6,775,358: Method and system for enhanced interactive playback of audio content to telephone callers.
One of the core inventions in this patent was the “state language” as described in the Voice Engine section of the Technology page. This allowed us to:
7,028,252: System and method for construction, storage, and transportation of presentation-independent multi-media content.
The long-term vision for Indicast was a platform for presenting content to the user regardless of original content type. For instance, textual content could be converted to concatenated speech. We also wanted more types of metadata on content to make better choices of content for the user (e.g., I want to hear any content mentioning “Google” and “cars”). This patent was based on our “Omni-View XML” schema and related persistence form that could describe any type of data in one or more forms (e.g., audio and a text transcript) and, most importantly, its related metadata. We leveraged work from the Dublin Core metadata initiative and others.

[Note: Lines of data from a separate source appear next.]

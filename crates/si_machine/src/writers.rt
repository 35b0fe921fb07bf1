//! Which commits wrote which place.
ghost use Rattle.std.specs.Prelude.{◌≡◌, ◌++◌, ◌∷◌, ◌⊎◌, [], None, OnOk, Option, if◌then◌else◌};
ghost use Rattle.std.specs.Prelude.{true};
ghost use Rattle.std.specs.List.{filter, last_or};
ghost use Rattle.std.specs.List.Sorted.{IsNonDecreasing};
ghost use Rattle.std.specs.Prelude.{nat_le};
ghost use Rattle.isolation_spec.specs.Machine.{writes_place};
ghost use Rattle.isolation_spec.specs.declared.place.Place.{Place as PlaceValue};
ghost use Rattle.si_machine.specs.Kept.{HasRoom, has_place, numbers_at};

use cell_model::Row;
use isolation_spec::Place;
use std::alloc::{AllocError, Global};
use std::collections::BTreeMap;

/// What a transaction or a commit wrote: at each place the row that it left there, or none where
/// the row is gone.
pub(crate) type Writes = BTreeMap<Place, Option<Row>>;

/// Each place that was written, with the numbers of the commits that wrote it, the newest last. As
/// long as none has committed, there are no numbers.
#[derive(Drop)]
pub(crate) struct Writers {
    pub(crate) places: BTreeMap<Place, Vec<usize>>,
}

impl Writers {
    /// No place was written yet.
    pub(crate) fn new(alloc: Global) -> Writers
        ensures { result.places.entries ≡ [] }
    {
        Writers {
            places: BTreeMap::new(alloc),
        }
    }

    /// Adds a place, if it is not there.
    pub(crate) fn register(&mut self, alloc: Global, place: Place) -> Result<(), AllocError>
        ensures numbers { (other : PlaceValue) → numbers_at self.new other
            ≡ numbers_at self.old other }
        ensures stays { (other : PlaceValue) → has_place self.old other
            ≡ true → has_place self.new other ≡ true }
        ensures only { (other : PlaceValue) → has_place self.new other ≡ true → (other
            ≡ place) ⊎ (has_place self.old other ≡ true) }
        ensures there { OnOk result (has_place self.new place ≡ true) }
    {
        if !self.places.contains_key(&place) {
            self.places.insert(place, Vec::new(alloc))?;
        }
        Ok(())
    }

    /// Makes room for a number more at each place of a write set.
    pub(crate) fn reserve_each(&mut self, writes: &Writes) -> Result<(), AllocError>
        requires { (place : PlaceValue) → writes_place place writes.now.entries
            ≡ true → has_place self.old place ≡ true }
        ensures numbers { (place : PlaceValue) → numbers_at self.new place
            ≡ numbers_at self.old place }
        ensures same { (place : PlaceValue) → has_place self.new place ≡ has_place self.old place }
        ensures room { OnOk result ((place : PlaceValue) → writes_place place writes.now.entries
            ≡ true → HasRoom self.new place) }
    {
        for place in writes.keys() {
            if let Some(numbers) = self.places.get_mut(place) {
                numbers.reserve(1)?;
            }
        }
        Ok(())
    }

    /// Puts a number behind the others at each place of a write set, for which there is room.
    pub(crate) fn mark_each(&mut self, writes: &Writes, number: usize)
        requires room { (place : PlaceValue) → writes_place place writes.now.entries
            ≡ true → HasRoom self.old place }
        ensures numbers { (place : PlaceValue) → numbers_at self.new place
            ≡ numbers_at self.old place
            ++ (if writes_place place writes.now.entries then number ∷ [] else []) }
        ensures same { (place : PlaceValue) → has_place self.new place ≡ has_place self.old place }
    {
        for place in writes.keys() {
            if let Some(numbers) = self.places.get_mut(place) {
                numbers.push_reserved(number);
            }
        }
    }

    /// The number of the last commit that wrote the place.
    pub(crate) fn newest(&self, place: &Place) -> Option<usize>
        ensures { result ≡ last_or None (numbers_at self.now place.now) }
    {
        self.places.get(place)?.last().copied()
    }

    /// The number of the last commit that wrote the place, of those up to a number.
    pub(crate) fn newest_up_to(&self, place: &Place, bound: usize) -> Option<usize>
        requires { IsNonDecreasing (numbers_at self.now place.now) }
        ensures { result
            ≡ last_or None
            (filter (λ number. nat_le number bound) (numbers_at self.now place.now)) }
    {
        let numbers = self.places.get(place)?;
        let count = numbers.partition_point(|number| *number <= bound);
        numbers[..count].last().copied()
    }
}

7,440,555: Method and apparatus for rendering audio streams from textual content for delivery to a user.
We devised a powerful new way of generating concatenated speech. Described simply, we scanned the text and looked for the longest sequence of words that were human-voice pre-recorded and then presented those as the audio. This tool allowed us to generate early versions of our “voice user interfaces” (VUI) that played text-to-speech (TTS) to start. As we added pre-recorded audio to our libraries, the TTS was gradually replaced by human-voice pre-recorded content. An example of this was our movie times, where we presented the movie title in TTS at first, and later introduced human-voice pre-recorded titles. We only had to add the pre-recorded audio segment to the appropriate library, the service picked it up automatically, and the user experience improved. The Marketing team could do this, as no code needed to be modified.